- Exercise aim:
Copy out the lines below that hold the word "AreCounting".

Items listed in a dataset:

***

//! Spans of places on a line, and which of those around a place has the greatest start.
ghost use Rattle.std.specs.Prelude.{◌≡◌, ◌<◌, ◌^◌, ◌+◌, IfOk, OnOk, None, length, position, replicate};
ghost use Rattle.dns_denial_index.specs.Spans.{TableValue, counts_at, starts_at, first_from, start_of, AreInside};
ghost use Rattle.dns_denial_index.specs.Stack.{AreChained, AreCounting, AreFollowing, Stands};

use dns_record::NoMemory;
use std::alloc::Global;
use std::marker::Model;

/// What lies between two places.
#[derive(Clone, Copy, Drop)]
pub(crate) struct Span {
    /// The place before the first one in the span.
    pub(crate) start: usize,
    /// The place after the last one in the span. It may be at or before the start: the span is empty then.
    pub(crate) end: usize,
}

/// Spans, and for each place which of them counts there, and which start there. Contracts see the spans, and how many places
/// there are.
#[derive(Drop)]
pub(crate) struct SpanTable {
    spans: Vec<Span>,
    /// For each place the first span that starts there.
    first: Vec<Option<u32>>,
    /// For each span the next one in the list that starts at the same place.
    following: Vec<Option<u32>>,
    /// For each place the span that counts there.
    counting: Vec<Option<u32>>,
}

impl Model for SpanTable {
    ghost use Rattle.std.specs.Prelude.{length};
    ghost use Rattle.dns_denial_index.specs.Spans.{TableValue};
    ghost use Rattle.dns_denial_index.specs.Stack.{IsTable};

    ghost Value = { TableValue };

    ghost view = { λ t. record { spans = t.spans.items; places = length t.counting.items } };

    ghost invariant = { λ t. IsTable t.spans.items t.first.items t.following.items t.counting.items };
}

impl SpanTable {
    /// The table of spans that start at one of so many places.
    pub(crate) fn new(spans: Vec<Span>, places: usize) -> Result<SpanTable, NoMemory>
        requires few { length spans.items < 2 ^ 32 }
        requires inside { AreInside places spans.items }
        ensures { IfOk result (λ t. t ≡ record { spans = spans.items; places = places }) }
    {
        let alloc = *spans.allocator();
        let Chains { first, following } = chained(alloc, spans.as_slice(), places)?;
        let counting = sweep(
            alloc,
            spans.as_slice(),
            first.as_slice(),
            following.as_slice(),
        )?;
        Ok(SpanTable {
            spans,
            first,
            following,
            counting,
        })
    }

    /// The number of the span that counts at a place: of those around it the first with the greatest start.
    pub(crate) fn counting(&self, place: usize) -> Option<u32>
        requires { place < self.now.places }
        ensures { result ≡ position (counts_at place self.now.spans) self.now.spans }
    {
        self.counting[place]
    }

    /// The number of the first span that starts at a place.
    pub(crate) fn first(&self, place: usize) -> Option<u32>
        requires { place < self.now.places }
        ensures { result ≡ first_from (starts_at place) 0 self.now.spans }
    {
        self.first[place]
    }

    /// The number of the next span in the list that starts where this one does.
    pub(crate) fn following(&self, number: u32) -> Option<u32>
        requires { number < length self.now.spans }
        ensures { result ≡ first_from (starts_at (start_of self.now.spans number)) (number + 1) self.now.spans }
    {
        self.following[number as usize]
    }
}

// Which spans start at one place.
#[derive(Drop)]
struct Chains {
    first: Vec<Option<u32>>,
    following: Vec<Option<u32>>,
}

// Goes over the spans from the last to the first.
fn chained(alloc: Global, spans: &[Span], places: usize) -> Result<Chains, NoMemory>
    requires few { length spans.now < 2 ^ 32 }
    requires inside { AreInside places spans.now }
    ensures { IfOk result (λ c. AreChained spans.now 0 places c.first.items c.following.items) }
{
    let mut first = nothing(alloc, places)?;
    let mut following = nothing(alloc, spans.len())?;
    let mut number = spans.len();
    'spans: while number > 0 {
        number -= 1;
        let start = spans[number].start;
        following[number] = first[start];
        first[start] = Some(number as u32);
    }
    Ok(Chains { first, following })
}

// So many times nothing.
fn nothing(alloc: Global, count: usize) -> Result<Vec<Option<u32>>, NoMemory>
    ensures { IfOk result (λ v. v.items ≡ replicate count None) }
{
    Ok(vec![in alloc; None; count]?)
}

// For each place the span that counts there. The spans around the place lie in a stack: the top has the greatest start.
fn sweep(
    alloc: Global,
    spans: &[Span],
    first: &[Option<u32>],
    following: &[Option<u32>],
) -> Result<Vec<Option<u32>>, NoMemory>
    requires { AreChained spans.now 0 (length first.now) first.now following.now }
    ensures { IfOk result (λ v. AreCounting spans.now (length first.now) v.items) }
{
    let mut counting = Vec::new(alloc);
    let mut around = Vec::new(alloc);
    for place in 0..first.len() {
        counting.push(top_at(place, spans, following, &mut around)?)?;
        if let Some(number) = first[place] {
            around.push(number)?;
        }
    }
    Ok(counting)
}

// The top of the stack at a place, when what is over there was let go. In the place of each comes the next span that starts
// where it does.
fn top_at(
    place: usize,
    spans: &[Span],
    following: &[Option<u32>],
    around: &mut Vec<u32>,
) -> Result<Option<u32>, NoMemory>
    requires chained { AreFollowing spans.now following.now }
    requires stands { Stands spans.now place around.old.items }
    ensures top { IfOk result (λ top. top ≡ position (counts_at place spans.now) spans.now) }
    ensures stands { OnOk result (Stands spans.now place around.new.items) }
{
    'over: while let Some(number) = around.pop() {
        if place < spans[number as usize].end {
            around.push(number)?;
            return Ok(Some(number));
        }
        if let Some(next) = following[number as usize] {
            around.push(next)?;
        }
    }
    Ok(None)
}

***

- Worked solution:
ghost use Rattle.dns_denial_index.specs.Stack.{AreChained, AreCounting, AreFollowing, Stands};
    ensures { IfOk result (λ v. AreCounting spans.now (length first.now) v.items) }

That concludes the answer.